Angle of Intersection of Two Curves

Here you will learn angle of intersection of two curves formula with examples.

Let’s begin –

The angle of intersection of two curves is defined to be the angle between the tangents to the two curves at their point of intersection.

Let \(C_1\) and \(C_2\) be two curves having equations y = f(x) and y = g(x) respectively.

and \(m_1\) = slope of tangent to y = f(x) at P = \(({dy\over dx})_{C_1}\)

and \(m_2\) = slope of the tangent to y = g(x) at P = \(({dy\over dx})_{C_2}\)

Angle between the curve is \(tan \phi\) = \(m_1 – m_2\over 1 + m_1 m_2\)

If the angle of two curves is at right angle, the two curves are equal to intersect orthogonally and the curves are called orthogonal curves.

If the curves are orthogonal then \(\phi\) = \(\pi\over 2\)

\(\therefore\) \(m_1 m_2\) = -1

Note : Two curves \(ax^2 + by^2\) = 1 and \(a’x^2 + b’y^2\) = 1 will intersect orthogonally, if

\(1\over a\) – \(1\over b\) = \(1\over a’\) – \(1\over b’\)

Example : find the angle between the curves xy = 6 and \(x^2 y\) =12.

Solution : The equation of the two curves are

xy = 6 …….(i)

and, \(x^2 y\) = 12 …………(ii)

from (i) , we obtain y = \(6\over x\). Putting this value of y in (ii), we obtain

\(x^2\) \((6\over x)\) = 12 \(\implies\) 6x = 12

\(\implies\) x = 2

Putting x = 2 in (i) or (ii), we get y = 3.

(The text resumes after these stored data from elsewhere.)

//! The picture that is asked for of a run.

ghost use Rattle.std.specs.Prelude.{◌≡◌, ◌≤◌, length, Some, IfErr, IfOk, IfSome};
ghost use Rattle.cdb_agreement.specs.Algorithms.{rules};
ghost use Rattle.cdb_draw.specs.Drawn.{IsPictureFor, IsPictureOfPast, IsPositionFor, IsTooMuch};
ghost use Rattle.cdb_explain.specs.Asked.{IsMissing};
ghost use Rattle.cdb_explain.specs.TextFaults.{IsFaultOfText};
ghost use Rattle.cdb_explain.specs.declared.fault.AnswerFault.TheVariants.{NoStep as no_step};
ghost use Rattle.cdb_rules.specs.ByRules.{IsInOrder};

use crate::draws::picture_of;
use crate::layout::MOST_DRAWN;
use cdb_any_run::AnyRun;
use cdb_base::limits::MAX_ENTRIES;
use cdb_base::{Event, NoMemory, StepAsked};
use cdb_explain::{AnswerFault, position_of_step};
use cdb_rules::Trace;
use cdb_slice::past_of;
use std::alloc::Global;

/// The position, from 1, of the step that is asked for, if one is. `NoStep` where none such stands.
fn position_for(events: &[Event], step: Option<StepAsked>) -> Result<Option<usize>, AnswerFault>
    ensures position { IfOk result (IsPositionFor events.now step) }
    ensures within { IfOk result
        (λ position. IfSome position (λ at. (1 ≤ at) × (at ≤ length events.now))) }
    ensures missing { IfErr result (λ fault. (fault ≡ no_step) × IsMissing events.now step) }
{
    let Some(step) = step else {
        return Ok(None);
    };
    match position_of_step(events, step.p, step.k) {
        Some(position) => Ok(Some(position)),
        None => Err(AnswerFault::NoStep),
    }
}

/// The picture of what has led to the event at a position of a run, and of nothing else.
fn picture_of_past(
    alloc: Global,
    run: &Trace,
    columns: u32,
    position: usize,
) -> Result<Vec<u8>, NoMemory>
    requires valid { IsInOrder rules run.now }
    requires few { length run.now.history ≤ MAX_ENTRIES }
    requires from_one { 1 ≤ position }
    requires to_len { position ≤ length run.now.history }
    ensures { IfOk result (λ text. IsPictureOfPast rules run.now columns (Some position) text.items) }
{
    let past = past_of::<AnyRun>(alloc, run, position)?;
    picture_of(alloc, &past, columns, Some(past.events().len()))
}

/// The picture of a run of at most 999,999 events, as SVG, with `columns` columns to a row; with 0 all are in one row.
/// With a step the trail to it is drawn bold, what else has led to it in full, and the rest pale; without one all is in
/// full. Of a run of more than 5,000 events only what has led to the step is drawn.
///
/// # Errors
/// `NoStep` where the step doesn't stand, `TooManyEvents` where none is asked for of more than 5,000 events, and
/// `NoMemory` where an allocation fails.
pub fn picture_for(
    alloc: Global,
    run: &Trace,
    columns: u32,
    step: Option<StepAsked>,
) -> Result<Vec<u8>, AnswerFault>
    requires valid { IsInOrder rules run.now }
    requires few { length run.now.history ≤ MAX_ENTRIES }
    ensures picture { IfOk result (λ text. IsPictureFor rules run.now columns step text.items) }
    ensures fault { IfErr result (IsFaultOfText (IsMissing run.now.history step) ⊥ (IsTooMuch run.now step)) }
{
    let position = position_for(run.events(), step)?;
    if run.events().len() <= MOST_DRAWN {
        return Ok(picture_of(alloc, run, columns, position)?);
    }
    let Some(position) = position else {
        return Err(AnswerFault::TooManyEvents);
    };
    Ok(picture_of_past(alloc, run, columns, position)?)
}
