//! What a session can ask of a process.

/// What a process is asked to do in a step. The numbers are as a session gave them: whether they name
/// anything is checked when the step is taken.
#[derive(Clone, Copy, PartialEq, Eq)]
pub enum Act {
    /// What its machine does of itself: a send, a read, a write or a local step.
    Go,
    /// Adopt a decision that it received.
    Learn,
    Crash,
    /// Ask the oracle: the setup's next answer, or the leader that is given instead.
    Query(Option<u32>),
    /// Receive the message of that sender and number.
    Recv(u32, u32),
}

Thus, the two curves intersect at P(2, 3).

Differentiating (i) with respect to x, we get

x\(dy\over dx\) + y = 0 \(\implies\) \(dy\over dx\) = \(-y\over x\)

\(\implies\) \(m_1\) = \(({dy\over dx})_{(2, 3)}\) = \(-3\over 2\)

Differentiating (ii) with respect to x, we get

\(x^2\) \(dy\over dx\) + 2xy = 0 \(\implies\) \(dy\over dx\) = \(-2y\over x\)

\(\implies\) \(m_2\) = \(({dy\over dx})_{(2, 3)}\) = -3

Let \(\theta\) be the angle, then

\(tan \theta\) = \(m_1 – m_2\over 1 + m_1 m_2\) = \(3\over 11\)

\(\theta\) = \(tan^{-1} (3/11)\)